__Your task__.
Starting at the line that contains "let len = stated - 8;" and ending at the line that contains "fn is_bad_length(stated: usize, held: usize)", the lines below are to be given again exactly, with nothing added.

__Data to examine__.
:::::

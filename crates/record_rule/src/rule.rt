// A record's rule: the Ethernet, IPv4 and UDP steps from a record to its payload.

ghost use Rattle.std.specs.Prelude.{◌≡◌, not, ◌&&◌, ◌||◌, [], ◌∷◌, ◌+◌, ◌≤◌, ◌<◌, leb, ltb, eqb, length, Ok};
ghost use Rattle.record_rule.specs.declared.reading.Reading.TheVariants.{Rust, Savefile};
ghost use Rattle.record_rule.specs.declared.rule.PassedOver.TheVariants.{ShortIpHeader, Fragment, BadUdpLength, NothingFollows};
ghost use Rattle.record_rule.specs.Ethernet.{type_at, ip_start};
ghost use Rattle.record_rule.specs.Ipv4.{ihl, is_fragment, udp_start};
ghost use Rattle.record_rule.specs.Udp.{destination_port, bad_udp_length, payload_start};
ghost use Rattle.record_rule.specs.Record.{first_that, udp_header_tests, udp_tests, payload_of, verdict};

use crate::reading::Reading;
use fields::{ByteOrder, Field};

// Why a record is passed over: the first of the tests that applies to it.
#[derive(Clone, Copy, Debug, PartialEq, Eq)]
pub enum PassedOver {
    ShortRecord,
    NotIpv4,
    WrongVersion,
    NotUdp,
    ShortIpHeader,
    Fragment,
    UdpPastEnd,
    OtherPort,
    BadUdpLength,
    NothingFollows,
}

// A part of a record: where it starts in the record's bytes, and how long it is.
#[derive(Clone, Copy, Debug, PartialEq, Eq)]
pub struct Part {
    pub start: usize,
    pub len: usize,
}

// The part that is the payload, or why there is none.
pub fn judge(bytes: &[u8], reading: Reading, port: u16) -> Result<Part, PassedOver>
    ensures { result ≡ verdict reading port bytes.now }
{
    if bytes.len() < 42 {
        return Err(PassedOver::ShortRecord);
    }
    let type_at = type_at(bytes);
    let Some(ether_type) = u16::read(bytes, type_at, ByteOrder::Big) else {
        return Err(PassedOver::NotIpv4);
    };
    if ether_type != 0x0800 {
        return Err(PassedOver::NotIpv4);
    }
    let ip = type_at + 2;
    let first = bytes[ip];
    if first / 16 != 4 {
        return Err(PassedOver::WrongVersion);
    }
    if bytes[ip + 9] != 17 {
        return Err(PassedOver::NotUdp);
    }
    judge_udp(bytes, ip, usize::from(first % 16), reading, port)
}

// The tests from the IHL on that the reading has.
fn judge_udp(
    bytes: &[u8],
    ip: usize,
    words: usize,
    reading: Reading,
    port: u16,
) -> Result<Part, PassedOver>
    requires { (42 ≤ length bytes.now) × (ip ≡ ip_start bytes.now) × (ip ≤ 18) × (words ≡ ihl bytes.now) × (words < 16) }
    ensures { result ≡ first_that (udp_tests reading port bytes.now) (payload_of reading bytes.now) }
{
    let udp = ip + words * 4;
    match reading {
        Reading::Rust => {
            check_udp_header(bytes, udp, port)?;
            to_record_end(bytes, udp)
        }
        Reading::Savefile => {
            check_ip_header(bytes, ip, words)?;
            check_udp_header(bytes, udp, port)?;
            to_udp_length(bytes, udp)
        }
    }
}

// A long enough header, and no fragment: tests of the savefile reading alone.
#[tactic(auto, unfolding(crate::specs::Record::first_that), using(std::proofs::lemmas::Bool::Decides::nat_tests))]
fn check_ip_header(bytes: &[u8], ip: usize, words: usize) -> Result<(), PassedOver>
    requires { (42 ≤ length bytes.now) × (ip ≡ ip_start bytes.now) × (ip ≤ 18) × (words ≡ ihl bytes.now) }
    ensures { result ≡ first_that ((ShortIpHeader, ltb (ihl bytes.now) 5) ∷ (Fragment, is_fragment bytes.now) ∷ []) (Ok tt) }
{
    if words < 5 {
        return Err(PassedOver::ShortIpHeader);
    }
    if is_fragment(bytes, ip) {
        return Err(PassedOver::Fragment);
    }
    Ok(())
}

// More-fragments and the offset are the low 14 bits.
fn is_fragment(bytes: &[u8], ip: usize) -> bool
    requires { (42 ≤ length bytes.now) × (ip ≡ ip_start bytes.now) × (ip ≤ 18) }
    ensures { result ≡ is_fragment bytes.now }
{
    let Some(field) = u16::read(bytes, ip + 6, ByteOrder::Big) else {
        return true;
    };
    field % 0x4000 != 0
}

// The UDP header fits, and its port was asked for.
#[tactic(auto, unfolding(crate::specs::Record::first_that, crate::specs::Record::udp_header_tests, crate::specs::Udp::payload_start), using(std::proofs::lemmas::Bool::Decides::nat_tests))]
fn check_udp_header(bytes: &[u8], udp: usize, port: u16) -> Result<(), PassedOver>
    requires { (udp ≡ udp_start bytes.now) × (udp ≤ 78) }
    ensures { result ≡ first_that (udp_header_tests port bytes.now) (Ok tt) }
{
    if bytes.len() < udp + 8 {
        return Err(PassedOver::UdpPastEnd);
    }
    if is_other_port(bytes, udp, port) {
        return Err(PassedOver::OtherPort);
    }
    Ok(())
}

fn is_other_port(bytes: &[u8], udp: usize, port: u16) -> bool
    requires { (udp ≡ udp_start bytes.now) × (udp + 8 ≤ length bytes.now) }
    ensures { result ≡ (not (eqb port 0) && not (eqb (destination_port bytes.now) port)) }
{
    let Some(destination) = u16::read(bytes, udp + 2, ByteOrder::Big) else {
        return true;
    };
    port != 0 && destination != port
}

// All that follows the UDP header.
#[tactic(auto, unfolding(crate::specs::Record::first_that, crate::specs::Udp::payload_start, crate::specs::Udp::payload_len), using(std::proofs::lemmas::Bool::Decides::nat_tests))]
fn to_record_end(bytes: &[u8], udp: usize) -> Result<Part, PassedOver>
    requires { (udp ≡ udp_start bytes.now) × (udp + 8 ≤ length bytes.now) }
    ensures { result ≡ first_that ((NothingFollows, leb (length bytes.now) (payload_start bytes.now)) ∷ []) (payload_of Rust bytes.now) }
{
    let start = udp + 8;
    if bytes.len() <= start {
        return Err(PassedOver::NothingFollows);
    }
    let len = bytes.len() - start;
    Ok(Part { start, len })
}

// As much of what follows the UDP header as its length says.
fn to_udp_length(bytes: &[u8], udp: usize) -> Result<Part, PassedOver>
    requires { (udp ≡ udp_start bytes.now) × (udp + 8 ≤ length bytes.now) }
    ensures { result ≡ first_that ((BadUdpLength, bad_udp_length bytes.now) ∷ []) (payload_of Savefile bytes.now) }
{
    let held = bytes.len() - udp;
    let Some(stated) = u16::read(bytes, udp + 4, ByteOrder::Big) else {
        return Err(PassedOver::BadUdpLength);
    };
    let stated = usize::from(stated);
    if is_bad_length(stated, held) {
        return Err(PassedOver::BadUdpLength);
    }
    let len = stated - 8;
    Ok(Part {
        start: udp + 8,
        len,
    })
}

// A UDP length that leaves no byte of payload, or is more than the record holds from the UDP header on.
fn is_bad_length(stated: usize, held: usize) -> bool
    ensures { result ≡ (ltb stated 9 || ltb held stated) }
{
    stated < 9 || held < stated
}

// Where the EtherType stands: after one tag, or without one.
fn type_at(bytes: &[u8]) -> usize
    requires { 42 ≤ length bytes.now }
    ensures place { result ≡ type_at bytes.now }
    ensures near { result ≤ 16 }
{
    let Some(first_type) = u16::read(bytes, 12, ByteOrder::Big) else {
        return 12;
    };
    if first_type == 0x8100 { 16 } else { 12 }
}
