// A record and its rule, in two readings: from the bytes of a record to its UDP payload.

#![tactic(auto)]

mod reading;
mod rule;
mod time;

pub use reading::Reading;
pub use rule::{Part, PassedOver, judge};
pub use time::{TimeUnit, Timestamp};

// A record of a capture: where its header stands in the data, where its captured bytes start, how many they are, and when they were captured.
#[derive(Clone, Copy, Debug, PartialEq, Eq)]
pub struct Record {
    pub header: usize,
    pub body: usize,
    pub len: usize,
    pub time: Timestamp,
}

:::::

__Answer section__.
    let len = stated - 8;
    Ok(Part {
        start: udp + 8,
        len,
    })
}

// A UDP length that leaves no byte of payload, or is more than the record holds from the UDP header on.
fn is_bad_length(stated: usize, held: usize) -> bool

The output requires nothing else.